Never bother with things in your rearview mirror. Your best days are on the road in front of you.
BearlyBreathing ( member #55075) posted at 5:22 PM on Tuesday, March 17th, 2026
This sucks, but you CAN get through it. You may need help - I did.
Please find a trauma informed therapist and get the soonest appointment. And call the suicide prevention hotline ANY TIME you feel like you can’t go on. Post the phone number nearby so you have it handy.
Yes, you were betrayed. And it hurts like nothing else. But you can get through this. You can get to the other side and THRIVE.
It will take some time and I wish we could take away the pain. We cannot do that. But we can support you as you navigate this roller coaster.
Who can you tell IRL? Best friend? Sibling? Pastor? Please find someone IRL to talk to. And keep posting.
Me: BS 57 (49 on d-day)Him: *who cares ;-) *. D-Day 8/15/2016 LTA. Kinda liking my new life :-)

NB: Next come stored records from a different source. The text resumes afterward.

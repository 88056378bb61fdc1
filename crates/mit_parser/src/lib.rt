//! The parser: from the tokens of a text to the program that they spell.
#![tactic(auto)]

mod commands;
mod counts;
mod declarations;
mod expressions;
pub mod fault;
mod header;
mod names;
mod operators;
pub mod parse;
mod parser;
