//! Why tokens spell no program.

ghost use Rattle.mit_parser.specs.declared.fault.ParseFault.TheVariants.{Memory};
ghost use Rattle.std.specs.Prelude.{◌≡◌};

use label_lattice::fault::LatticeFault;
use std::alloc::{AllocError, AllocFailed};
use text_base::pos::Pos;
use thiserror::Error;

/// Why tokens spell no program.
#[derive(Clone, Copy, Debug, PartialEq, Eq, Error)]
pub enum ParseFault {
    /// With the token here the text begins no program, and with those before it it does.
    #[error("unexpected at {}:{}", .0.line, .0.column)]
    Unexpected(Pos),
    /// The token here opens the 101st bracket, or is the 257th operator of one expression.
    #[error("too deep at {}:{}", .0.line, .0.column)]
    TooDeep(Pos),
    /// There are more declarations than a program may have: this many.
    #[error("too many variables: {0}")]
    TooMany(u32),
    /// The name here is declared nowhere.
    #[error("unknown name at {}:{}", .0.line, .0.column)]
    Unknown(Pos),
    /// The name here is declared a second time.
    #[error("name twice at {}:{}", .0.line, .0.column)]
    Twice(Pos),
    /// The labels and their order make no lattice.
    #[error("no lattice")]
    Lattice(LatticeFault),
    /// Memory was not there.
    #[error("out of memory")]
    Memory,
    /// The length here is 0, or with it the lengths of all arrays so far sum up to more than 2,048.
    #[error("array size at {}:{}", .0.line, .0.column)]
    Size(Pos),
    /// The name here is an array's and has no index, or is a scalar's and has one.
    #[error("wrong use of a name at {}:{}", .0.line, .0.column)]
    Misuse(Pos),
}

impl<T: Drop> From<AllocFailed<T>> for ParseFault {
    ghost from_gives = { λ _ e. e ≡ Memory };

    fn from(_: AllocFailed<T>) -> ParseFault {
        ParseFault::Memory
    }
}

impl From<AllocError> for ParseFault {
    ghost from_gives = { λ _ e. e ≡ Memory };

    fn from(_: AllocError) -> ParseFault {
        ParseFault::Memory
    }
}
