//! The parser of expressions.

ghost use Rattle.std.specs.Prelude.{◌≡◌, false, true, MatchResult};
ghost use Rattle.mit_syntax.specs.Chunks.{sign as a_sign};
ghost use Rattle.mit_syntax.specs.Expression.{expression_of};
ghost use Rattle.mit_parser.specs.Words.{word, is, head_symbol, kind_of};
ghost use Rattle.mit_parser.specs.Machine.{an_atom, an_index, a_term, a_sum, an_expr};
ghost use Rattle.mit_parser.specs.Reads.{scope_of, IsAtom, IsIndex, IsTerm, IsSum, IsWhole, Refused};

use crate::fault::ParseFault;
use crate::names::{Names, array_use, scalar_use};
use crate::parser::Parser;
use mit_syntax::ast::Expr;
use mit_syntax::token::{Sign, TokenKind};
use std::alloc::Global;

impl<'a> Parser<'a> {
    // atom = number | name [ "[" expr "]" ] | "(" expr ")"
    #[cycle(expression)]
    fn atom(&mut self, alloc: Global, names: &Names) -> Result<Expr, ParseFault>
        ensures { MatchResult result (λ e. IsAtom (scope_of names.now) self.old self.new (expression_of e)) (Refused an_atom self.old self.new) }
    {
        match self.kind() {
            TokenKind::Number(n) => {
                self.advance()?;
                Ok(Expr::Number(n))
            }
            TokenKind::Name => self.named(alloc, names),
            TokenKind::Sign(Sign::LeftRound) => {
                self.advance()?;
                let inner = self.expr(alloc, names)?;
                self.sign(Sign::RightRound)?;
                Ok(inner)
            }
            TokenKind::Sign(_) | TokenKind::Key(_) | TokenKind::End => Err(self.unexpected()),
        }
    }

    // name [ "[" expr "]" ]
    #[cycle(expression)]
    fn named(&mut self, alloc: Global, names: &Names) -> Result<Expr, ParseFault>
        requires { kind_of (head_symbol self.old.words) ≡ TokenKind.Name }
        ensures { MatchResult result (λ e. IsAtom (scope_of names.now) self.old self.new (expression_of e)) (Refused an_atom self.old self.new) }
    {
        let pos = self.pos();
        let name = self.name_here();
        self.advance()?;
        if !self.at_sign(Sign::LeftSquare) {
            let (fault, variable) = scalar_use(&names.variables, &name, pos);
            self.note(fault);
            return Ok(Expr::Variable(variable));
        }
        let (fault, place) = array_use(&names.variables, &name, pos);
        self.note(fault);
        let index = self.index(alloc, names)?;
        Ok(Expr::Element {
            first: place.0,
            length: place.1,
            index: Box::new(alloc, index)?,
        })
    }

    /// An index: `"[" expr "]"`.
    #[cycle(expression)]
    pub fn index(&mut self, alloc: Global, names: &Names) -> Result<Expr, ParseFault>
        requires there { is (word (a_sign Sign.LeftSquare)) (head_symbol self.old.words) ≡ true }
        requires counted { self.old.counts.at ≡ false }
        ensures { MatchResult result (λ e. IsIndex (scope_of names.now) self.old self.new (expression_of e)) (Refused an_index self.old self.new) }
    {
        self.sign(Sign::LeftSquare)?;
        let inner = self.expr(alloc, names)?;
        self.sign(Sign::RightSquare)?;
        Ok(inner)
    }

    // term = atom { ( "*" | "/" | "%" ) atom }
    #[cycle(expression)]
    fn term(&mut self, alloc: Global, names: &Names) -> Result<Expr, ParseFault>
        ensures { MatchResult result (λ e. IsTerm (scope_of names.now) self.old self.new (expression_of e)) (Refused a_term self.old self.new) }
    {
        let mut left = self.atom(alloc, names)?;
        while let Some(op) = self.op_at(3) {
            self.advance()?;
            let right = self.atom(alloc, names)?;
            left = Expr::Binary(op, Box::new(alloc, left)?, Box::new(alloc, right)?);
        }
        Ok(left)
    }

    // sum = term { ( "+" | "-" ) term }
    #[cycle(expression)]
    fn sum(&mut self, alloc: Global, names: &Names) -> Result<Expr, ParseFault>
        ensures { MatchResult result (λ e. IsSum (scope_of names.now) self.old self.new (expression_of e)) (Refused a_sum self.old self.new) }
    {
        let mut left = self.term(alloc, names)?;
        while let Some(op) = self.op_at(2) {
            self.advance()?;
            let right = self.term(alloc, names)?;
            left = Expr::Binary(op, Box::new(alloc, left)?, Box::new(alloc, right)?);
        }
        Ok(left)
    }

    /// expr = sum [ ( "==" | "!=" | "<" | "<=" | ">" | ">=" ) sum ]
    #[cycle(expression)]
    pub fn expr(&mut self, alloc: Global, names: &Names) -> Result<Expr, ParseFault>
        ensures { MatchResult result (λ e. IsWhole (scope_of names.now) self.old self.new (expression_of e)) (Refused an_expr self.old self.new) }
    {
        let left = self.sum(alloc, names)?;
        let Some(op) = self.op_at(1) else {
            return Ok(left);
        };
        self.advance()?;
        let right = self.sum(alloc, names)?;
        Ok(Expr::Binary(op, Box::new(alloc, left)?, Box::new(alloc, right)?))
    }
}
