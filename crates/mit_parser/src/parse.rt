//! The program that tokens spell.

ghost use Rattle.std.specs.Prelude.{◌≡◌, ◌≢◌, ◌<◌, ◌^◌, None, Some, IfOk, MatchResult, length};
ghost use Rattle.label_lattice.specs.Order.{IsOrder};
ghost use Rattle.mit_syntax.specs.Cut.{AreTokens};
ghost use Rattle.mit_parser.specs.Words.{told};
ghost use Rattle.mit_parser.specs.Spells.{IsProgram, Refuses};
ghost use Rattle.mit_parser.specs.Assembly.{AreParts, IsAssembled};

use crate::fault::ParseFault;
use crate::names::Names;
use crate::parser::Parser;
use label_lattice::label::Label;
use label_lattice::lattice::Lattice;
use mit_syntax::ast::Command;
use mit_syntax::declarations::Variables;
use mit_syntax::program::Program;
use mit_syntax::token::Token;
use std::alloc::{AllocError, Global};
use std::rc::Rc;

// The lattice of a header, to be shared. Its copy stands on the stack only here.
#[inline(never)]
fn shared(alloc: Global, lattice: &Option<Lattice>) -> Result<Rc<Lattice>, AllocError>
    requires { lattice.now ≢ None }
    ensures same { IfOk result (λ r. lattice.now ≡ Some r.value) }
    ensures order { IfOk result (λ r. IsOrder r.value) }
{
    let Some(lattice) = lattice else {
        unreachable!()
    };
    lattice.laws();
    Ok(Rc::new(alloc, *lattice)?)
}

// The program of these parts.
fn assembled(
    lattice: Rc<Lattice>,
    pairs: Vec<(Label, Label)>,
    variables: Variables,
    body: Vec<Command>,
) -> Program
    requires order { IsOrder lattice.value }
    requires parts { AreParts (Some lattice.value) pairs.items variables body.items }
    ensures { IsAssembled (Some lattice.value) pairs.items variables body.items result }
{
    variables.laws();
    Program::of(lattice, pairs, variables, body)
}

/// The program that the tokens of a text of at most 2^31 - 1 bytes spell.
///
/// # Errors
/// `Unexpected` at the first token with which the tokens begin no program, or `TooDeep` at the first one that
/// opens the 101st bracket or is the 257th operator of one expression, whichever is earlier. Else the first
/// fault of names: in the header `Twice` among the labels, then `Unknown` in the pairs, then `Lattice`; in the
/// declarations, one after the other, `Twice`, then `Size`, then `Unknown`; then `TooMany`; then `Unknown` or
/// `Misuse` in the commands. `Memory` may come for any tokens.
#[inline(never)]
pub fn parse(alloc: Global, tokens: &[Token], text: &[u8]) -> Result<Program, ParseFault>
    requires size { length text.now < 2 ^ 31 }
    requires tokens { AreTokens text.now tokens.now }
    ensures { MatchResult result (IsProgram (told text.now tokens.now)) (Refuses (told text.now tokens.now)) }
{
    let mut parser = Parser::new(text, tokens);
    let header = match parser.header(alloc) {
        Ok(header) => header,
        Err(fault) => return Err(fault),
    };
    let variables = parser.variables(alloc, &header.lattice)?;
    let names = Names {
        lattice: header.lattice,
        variables,
    };
    let body = parser.commands(alloc, &names)?;
    parser.laws();
    if !parser.is_at_end() {
        return Err(parser.unexpected());
    }
    match parser.fault() {
        Some(fault) => Err(fault),
        None => match shared(alloc, &names.lattice) {
            Ok(lattice) => Ok(assembled(lattice, header.pairs, names.variables, body)),
            Err(_) => Err(ParseFault::Memory),
        },
    }
}
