//! What is limited along the tokens: open brackets, and the operators of an expression.

ghost use Rattle.std.specs.Prelude.{◌≡◌, ◌≤◌, ℕ, List};
ghost use Rattle.mit_syntax.specs.Chunks.{sign as a_sign};
ghost use Rattle.mit_parser.specs.Words.{symbol_of, word};
ghost use Rattle.mit_parser.specs.Counting.{count, is_over, past_left, past_right, past_operator, past_other, past_atom};

use mit_syntax::limits::{MAX_DEPTH, MAX_OPERATORS};
use mit_syntax::operators::op_of;
use mit_syntax::token::{Sign, TokenKind};

/// The brackets that are open, the operators of the expression so far, whether the last token is `@`, and
/// whether the brackets of marks are open.
#[derive(Clone, Copy)]
pub struct Counts {
    pub depth: u32,
    pub operators: u32,
    pub at: bool,
    pub marks: bool,
}

/// Whether a limit is passed.
pub fn is_over(c: Counts) -> bool
    ensures { result ≡ is_over c }
{
    c.depth > MAX_DEPTH || c.operators > MAX_OPERATORS
}

fn past_atom(c: Counts) -> Counts
    ensures { result ≡ past_atom c }
{
    Counts {
        depth: c.depth,
        operators: c.operators,
        at: false,
        marks: c.marks,
    }
}

fn past_operator(c: Counts) -> Counts
    requires { c.operators ≤ MAX_OPERATORS }
    ensures { result ≡ past_operator c }
{
    Counts {
        depth: c.depth,
        operators: c.operators + 1,
        at: false,
        marks: c.marks,
    }
}

fn past_left(c: Counts) -> Counts
    requires { c.depth ≤ MAX_DEPTH }
    ensures { result ≡ past_left c }
{
    Counts {
        depth: c.depth + 1,
        operators: c.operators,
        at: false,
        marks: c.marks,
    }
}

fn past_right(c: Counts) -> Counts
    ensures { result ≡ past_right c }
{
    Counts {
        depth: c.depth.saturating_sub(1),
        operators: c.operators,
        at: false,
        marks: c.marks,
    }
}

fn past_other(c: Counts) -> Counts
    ensures { result ≡ past_other c }
{
    Counts {
        depth: c.depth,
        operators: 0,
        at: false,
        marks: c.marks,
    }
}

/// The same, with the brackets of marks open or closed.
fn past_marks(c: Counts, at: bool, marks: bool) -> Counts
    ensures depth { result.depth ≡ c.depth }
    ensures operators { result.operators ≡ 0 }
    ensures at { result.at ≡ at }
    ensures marks { result.marks ≡ marks }
{
    Counts {
        depth: c.depth,
        operators: 0,
        at,
        marks,
    }
}

fn past_left_square(c: Counts) -> Counts
    requires { c.depth ≤ MAX_DEPTH }
    ensures { result ≡ count c (word (a_sign Sign.LeftSquare)) }
{
    if c.at {
        past_marks(c, false, true)
    } else {
        past_left(c)
    }
}

fn past_right_square(c: Counts) -> Counts
    ensures { result ≡ count c (word (a_sign Sign.RightSquare)) }
{
    if c.marks {
        past_marks(c, false, false)
    } else {
        past_right(c)
    }
}

fn past_sign(c: Counts, sign: Sign) -> Counts
    requires depth { c.depth ≤ MAX_DEPTH }
    requires operators { c.operators ≤ MAX_OPERATORS }
    ensures { result ≡ count c (word (a_sign sign)) }
{
    match sign {
        Sign::LeftRound => past_left(c),
        Sign::RightRound => past_right(c),
        Sign::LeftBrace => past_other(past_left(c)),
        Sign::RightBrace => past_other(past_right(c)),
        Sign::LeftSquare => past_left_square(c),
        Sign::RightSquare => past_right_square(c),
        Sign::At => past_marks(c, true, c.marks),
        _ => {
            if op_of(sign).is_some() {
                past_operator(c)
            } else {
                past_other(c)
            }
        }
    }
}

/// The counts after a token.
pub fn counted(c: Counts, kind: TokenKind) -> Counts
    requires depth { c.depth ≤ MAX_DEPTH }
    requires operators { c.operators ≤ MAX_OPERATORS }
    ensures { (w : List ℕ) → result ≡ count c (symbol_of kind w) }
{
    match kind {
        TokenKind::Number(_) | TokenKind::Name => past_atom(c),
        TokenKind::Key(_) | TokenKind::End => past_other(c),
        TokenKind::Sign(sign) => past_sign(c, sign),
    }
}
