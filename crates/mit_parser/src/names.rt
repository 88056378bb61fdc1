//! What names stand for, and which uses of them are wrong.

ghost use Rattle.std.specs.Prelude.{◌≡◌, cond, Some};
ghost use Rattle.std.specs.Option.{option_map};
ghost use Rattle.mit_parser.specs.declared.fault.ParseFault.TheVariants.{Misuse, Unknown};
ghost use Rattle.mit_parser.specs.Scope.{labels_in, find_label, label_fault, scalar_fault, array_fault, as_label, or_else};
ghost use Rattle.mit_parser.specs.Meaning.{both, label};
ghost use Rattle.mit_syntax.specs.Declarations.{find_scalar, find_array};

use crate::fault::ParseFault;
use label_lattice::label::Label;
use label_lattice::lattice::Lattice;
use label_lattice::name::Name;
use mit_syntax::declarations::Variables;
use text_base::pos::Pos;

/// The labels, where they make a lattice, and the declared variables.
#[derive(Drop)]
pub struct Names {
    pub lattice: Option<Lattice>,
    pub variables: Variables,
}

fn find_in(lattice: &Lattice, name: &Name) -> Option<Label>
    ensures { result ≡ option_map as_label (find_label lattice.now.names name.now) }
{
    lattice.laws();
    lattice.find(name)
}

// The label with a name.
fn find_label(lattice: &Option<Lattice>, name: &Name) -> Option<Label>
    ensures { result ≡ option_map as_label (find_label (labels_in lattice.now) name.now) }
{
    match lattice {
        Some(lattice) => find_in(lattice, name),
        None => None,
    }
}

/// What is wrong with the name of a label at a position.
pub fn label_fault(lattice: &Option<Lattice>, name: &Name, pos: Pos) -> Option<ParseFault>
    ensures { result ≡ label_fault (labels_in lattice.now) name.now pos }
{
    match find_label(lattice, name) {
        Some(_) => None,
        None => Some(ParseFault::Unknown(pos)),
    }
}

// What is wrong with a name that cannot be used so: it is declared otherwise, or not at all.
fn misuse(is_declared: bool, pos: Pos) -> ParseFault
    ensures { result ≡ cond is_declared (Misuse pos) (Unknown pos) }
{
    if is_declared {
        ParseFault::Misuse(pos)
    } else {
        ParseFault::Unknown(pos)
    }
}

/// What is wrong with a name without an index at a position, and the number of the scalar with the name, or 0
/// where no scalar has it.
pub fn scalar_use(variables: &Variables, name: &Name, pos: Pos) -> (Option<ParseFault>, u32)
    ensures fault { result.0 ≡ scalar_fault variables.now name.now pos }
    ensures number { result.1 ≡ or_else 0 (find_scalar variables.now name.now) }
{
    match variables.find_variable(name) {
        Some(number) => (None, number),
        None => (Some(misuse(variables.find_array(name).is_some(), pos)), 0),
    }
}

/// What is wrong with a name with an index at a position, and the first variable and the length of the array with
/// the name, or zeros where no array has it.
pub fn array_use(variables: &Variables, name: &Name, pos: Pos) -> (Option<ParseFault>, (u32, u32))
    ensures fault { result.0 ≡ array_fault variables.now name.now pos }
    ensures place { result.1 ≡ or_else (0, 0) (find_array variables.now name.now) }
{
    match variables.find_array(name) {
        Some(place) => (None, place),
        None => (
            Some(misuse(variables.find_variable(name).is_some(), pos)),
            (0, 0),
        ),
    }
}

/// What is wrong with the name of a label at a position, and the label with the name, or the first one where no
/// label has it.
pub fn label_use(lattice: &Option<Lattice>, name: &Name, pos: Pos) -> (Option<ParseFault>, Label)
    ensures fault { result.0 ≡ label_fault (labels_in lattice.now) name.now pos }
    ensures label { result.1 ≡ label (labels_in lattice.now) name.now }
{
    match find_label(lattice, name) {
        Some(label) => (None, label),
        None => (Some(ParseFault::Unknown(pos)), Label::new(0)),
    }
}

/// The read label and the write label of marks: one label means both.
pub fn both(read: Label, write: Option<Label>) -> (Label, Label)
    ensures { result ≡ both read write }
{
    match write {
        Some(label) => (read, label),
        None => (read, read),
    }
}

/// The label with a name, or the first one where no label has it.
pub fn label_or_first(lattice: &Option<Lattice>, name: &Name) -> Label
    ensures { result ≡ label (labels_in lattice.now) name.now }
{
    match find_label(lattice, name) {
        Some(label) => label,
        None => Label::new(0),
    }
}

**horrible typist, lots of edits to correct. :-/ **
Kris78 (original poster new member #87148) posted at 5:26 PM on Tuesday, March 17th, 2026
Im not religious so no pastor...cant really talk to anyone ..i would just break down
Letmebefrank ( new member #86994) posted at 6:30 PM on Tuesday, March 17th, 2026
Kris, it’s ok to breakdown, Man. You’re in pain to the edge of your limits. Ugly crying is par for the course in these situations, there’s no shame in it. The people who care about you won’t think any less of you. Would you if the situation were reversed?